On boxers and responsibility

On Wednesday, August 25, Taylor Becker died. She was 4, and she was attacked by a boxer--Rocky, the pet of a family friend. The child and dog were together, unsupervised by adults, in the dog's backyard. Rocky broke free from its lead and for unknown reasons, this otherwise friendly and nonviolent dog attacked.

Next month, Green Acres Boxer Rescue will hold its 10th Annual Boxer Bash in Columbus, Wisconsin. It's the first year the Bash will be held outside of the greater Green Bay area. Columbus is 30 miles from Iron Ridge, where the Becker family lives. I want to take some time to explain why I think the Boxer Bash is more important now, in light of this tragedy, than ever before.

I haven't seen anyone call for the event to be cancelled, and I'm glad for that. Anyone who loves dogs and endeavors to understand them knows that there's no such thing as a "bad breed." There are dogs that behave badly, and there are dogs that behave dangerously, just like there are dogs that behave sweetly and joyfully. The difference isn't in the breed name; it's in the owner, and that owner's sense of responsibility for the animal he or she cares for.

Boxers as a breed do not deserve to be blamed for this dog's unexplainable attack. But without counterbalance, all the general public will see of this story is the face of a little girl lost. Boxer rescue groups are justifiably concerned that they'll see dogs returned to rescues and humane societies; we've all seen what happens when the same thing happens with other breeds put in dangerous circumstances by their owners.

I hope the Boxer Bash goes on as planned.

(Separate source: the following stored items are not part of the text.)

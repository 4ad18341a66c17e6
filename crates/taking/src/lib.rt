// The rows in turn over the lent buffers: a turn for each row that goes the long way, with those seen at a glance before it, then one
// for each loop that is left open. The functions that hold the lent loop records only call; what thinks takes a record by value.
#![tactic(auto)]

ghost use Rattle.std.specs.Prelude.{◌≡◌, List, [], ℕ, ◌-◌, ◌≤◌, ◌<◌, length, ltb, Ok};
ghost use Rattle.rows.specs.Rows.{most_rows};
ghost use Rattle.runs.specs.Runs.{Skimming};
ghost use Rattle.places.specs.Items.{kernel_of, row_count};
ghost use Rattle.places.specs.Left.{lent_of};
ghost use Rattle.checks.specs.Rooming.{RoomingIn};
ghost use Rattle.machine.specs.Machine.{Fine};
ghost use Rattle.taking.specs.Taking.{keeps_going, start_of, more_of, went_on, late_of, turned_of, closed_of, run_of, after_run, Skimmed, StepTurn, RowTurn, Stepping, Onward, Ready, Turnt, Took};

use machine::{START, State, Step};
use places::{OpenLoop, Rooms, ZERO_LOOP};
use refusals::{Refusal, Verdict};
use rows::ROW_WIDTH;
use runs::Run;

// Where the rows stand: the state, the next row, and the first refusal if there is one. The state is wanted with a refusal too: it says
// what is wiped.
#[derive(Clone, Copy)]
pub struct Taking {
    pub state: State,
    pub row: usize,
    pub verdict: Verdict,
}

// What a turn makes of it, and the loop record that it leaves in a slot of the lent table, if it leaves one.
#[derive(Clone, Copy)]
pub struct Turned {
    pub taking: Taking,
    pub slot: Option<(usize, OpenLoop)>,
}

impl Taking {
    // Before the first row; a slice that is no rows is refused at once.
    fn begun(rows: &[u32]) -> Taking
        ensures { result ≡ start_of rows.now }
    {
        Taking {
            state: START,
            row: 0,
            verdict: if rows::well_formed(rows) {
                Ok(())
            } else {
                Err(Refusal::RowSlice)
            },
        }
    }

    // Whether a row is next.
    fn going(self, rows: &[u32]) -> bool
        ensures { result ≡ keeps_going self.verdict (ltb self.row (row_count rows.now)) }
    {
        self.verdict.is_ok() && self.row < rows.len() / ROW_WIDTH
    }

    // Whether there is another turn: a row, or a loop that is left open.
    fn more(self, rows: &[u32]) -> bool
        ensures { result ≡ more_of rows.now self }
    {
        0 < self.state.depth || self.going(rows)
    }

    // The slot of the innermost open loop.
    fn innermost(self) -> usize
        ensures { result ≡ self.state.depth - 1 }
    {
        self.state.depth.saturating_sub(1)
    }

    // Past the row, in the state that it made.
    fn on(self, state: State) -> Taking
        requires { self.row < most_rows }
        ensures { result ≡ went_on self state }
    {
        Taking {
            state,
            row: self.row + 1,
            verdict: Ok(()),
        }
    }

    // A row's step as a turn: the record pushed, or a zero for the one popped, or no slot.
    fn after(self, step: Result<Step, Refusal>) -> Turned
        requires { self.row < most_rows }
        ensures { result ≡ turned_of self step }
    {
        match step {
            Ok(Step::On(state)) => Turned {
                taking: self.on(state),
                slot: None,
            },
            Ok(Step::Opened(state, start)) => Turned {
                taking: self.on(state),
                slot: Some((self.state.depth, start)),
            },
            Ok(Step::Closed(state)) => Turned {
                taking: self.on(state),
                slot: Some((self.innermost(), ZERO_LOOP)),
            },
            Err(why) => Turned {
                taking: Taking {
                    verdict: Err(why),
                    ..self
                },
                slot: None,
            },
        }
    }

    // The refusal once no row is next: the first one, or 23.
    fn late(self) -> Refusal
        ensures { result ≡ late_of self.verdict }
    {
        match self.verdict {
            Ok(()) => Refusal::UnclosedLoop,
            Err(why) => why,
        }
    }

    // A turn past the rows: the innermost loop that is left open is closed.
    fn past_rows(self) -> Turned
        ensures { result ≡ closed_of self (late_of self.verdict) }
    {
        let depth = self.innermost();
        Turned {
            taking: Taking {
                state: State {
                    depth,
                    ..self.state
                },
                row: self.row,
                verdict: Err(self.late()),
            },
            slot: Some((depth, ZERO_LOOP)),
        }
    }

    // Where the rows stand, as a run.
    fn run(self) -> Run
        ensures { result ≡ run_of self }
    {
        let state = self.state;
        Run {
            row: self.row,
            at: state.at,
            count: state.count,
            last: state.last,
            short: state.short,
            shortat: state.shortat,
        }
    }

    // Where they stand once a run has ended.
    fn after_run(self, run: Run) -> Taking
        ensures { result ≡ after_run self run }
    {
        Taking {
            state: State {
                at: run.at,
                count: run.count,
                last: run.last,
                short: run.short,
                shortat: run.shortat,
                ..self.state
            },
            row: run.row,
            verdict: Ok(()),
        }
    }

    // The rows that are seen at a glance; where a loop is open, up to a branch.
    fn skim(self, rows: &[u32], rooms: Rooms, parcels: &mut [u16]) -> Taking
        requires { (self.verdict ≡ Ok tt) × Skimming rows.now rooms.parcels (run_of self) (length parcels.old) }
        ensures { (names : List ℕ) → Skimmed (kernel_of rows.now names) rooms self parcels.old result parcels.new }
    {
        let free = self.state.depth == 0;
        let run = runs::skim(rows, rooms.parcels, free, parcels, self.run());
        self.after_run(run)
    }

    // The next row the long way.
    fn long_row(
        self,
        rows: &[u32],
        names: &[u8],
        rooms: Rooms,
        parcels: &mut [u16],
        labels: &mut [u32],
        jumps: &mut [u32],
        top: OpenLoop,
    ) -> Turned
        requires { (Fine names.now rooms self.state (lent_of parcels.old labels.old jumps.old []) top) × (self.row < row_count rows.now) × (self.row < most_rows) }
        ensures { StepTurn (kernel_of rows.now names.now) rooms self (lent_of parcels.old labels.old jumps.old []) top result (lent_of parcels.new labels.new jumps.new []) }
    {
        let row = self.row;
        let coded = coded::coded_at(rows, row, names.len());
        let step = self.state.step(rooms, coded, row as u32, names, parcels, labels, jumps, top);
        self.after(step)
    }

    // A turn at the next row: those that are seen, and the row after them, if there is one, the long way.
    fn at_row(
        self,
        rows: &[u32],
        names: &[u8],
        rooms: Rooms,
        parcels: &mut [u16],
        labels: &mut [u32],
        jumps: &mut [u32],
        top: OpenLoop,
    ) -> Turned
        requires { (Fine names.now rooms self.state (lent_of parcels.old labels.old jumps.old []) top) × (self.verdict ≡ Ok tt) × (self.row < row_count rows.now) × (row_count rows.now ≤ most_rows) }
        ensures { RowTurn (kernel_of rows.now names.now) rooms self (lent_of parcels.old labels.old jumps.old []) top result (lent_of parcels.new labels.new jumps.new []) }
    {
        let s = self.skim(rows, rooms, parcels);
        if s.going(rows) {
            return s.long_row(rows, names, rooms, parcels, labels, jumps, top);
        }
        Turned {
            taking: s,
            slot: None,
        }
    }

    // A turn: the next row's, or past the rows.
    fn onward(
        self,
        rows: &[u32],
        names: &[u8],
        rooms: Rooms,
        parcels: &mut [u16],
        labels: &mut [u32],
        jumps: &mut [u32],
        top: OpenLoop,
    ) -> Turned
        requires { Stepping (kernel_of rows.now names.now) rooms self (lent_of parcels.old labels.old jumps.old []) top }
        ensures { Onward (kernel_of rows.now names.now) rooms self (lent_of parcels.old labels.old jumps.old []) top result (lent_of parcels.new labels.new jumps.new []) }
    {
        if self.going(rows) {
            return self.at_row(rows, names, rooms, parcels, labels, jumps, top);
        }
        self.past_rows()
    }

    // A turn over the table: its innermost record is read, and the turn's record left in its slot.
    fn turn(
        self,
        rows: &[u32],
        names: &[u8],
        rooms: Rooms,
        parcels: &mut [u16],
        labels: &mut [u32],
        jumps: &mut [u32],
        loops: &mut [OpenLoop],
    ) -> Taking
        requires { Ready (kernel_of rows.now names.now) rooms self (lent_of parcels.old labels.old jumps.old loops.old) }
        ensures { Turnt (kernel_of rows.now names.now) rooms self (lent_of parcels.old labels.old jumps.old loops.old) result (lent_of parcels.new labels.new jumps.new loops.new) }
    {
        let found = tables::loops::top(&*loops, self.innermost());
        let out = self.onward(
            rows,
            names,
            rooms,
            &mut *parcels,
            &mut *labels,
            &mut *jumps,
            found,
        );
        if let Some((slot, rec)) = out.slot {
            tables::loops::put_if(&mut *loops, slot, rec);
        }
        out.taking
    }
}

// The rows in turn, up to the first refusal; then the loops that are left open, the innermost first.
pub fn take_rows(
    rows: &[u32],
    names: &[u8],
    rooms: Rooms,
    parcels: &mut [u16],
    labels: &mut [u32],
    jumps: &mut [u32],
    loops: &mut [OpenLoop],
) -> Taking
    requires { RoomingIn rooms (lent_of parcels.old labels.old jumps.old loops.old) }
    ensures { Took rows.now names.now rooms (lent_of parcels.old labels.old jumps.old loops.old) result (lent_of parcels.new labels.new jumps.new loops.new) }
{
    let mut t = Taking::begun(rows);
    while t.more(rows) {
        t = t.turn(
            rows,
            names,
            rooms,
            &mut *parcels,
            &mut *labels,
            &mut *jumps,
            &mut *loops,
        );
    }
    t
}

A moment of silence or a collection for Taylor's family would be an appropriate recognition of the Beckers' loss. The community needs to know that responsible dog ownership is key to keeping everyone safe, and that breed rescues do the good work of providing healthy foster relationships for dogs in trouble. Boxers, like all animals, can be dangerous--events like the Boxer Bash are working hard to make sure these tragedies don't happen again.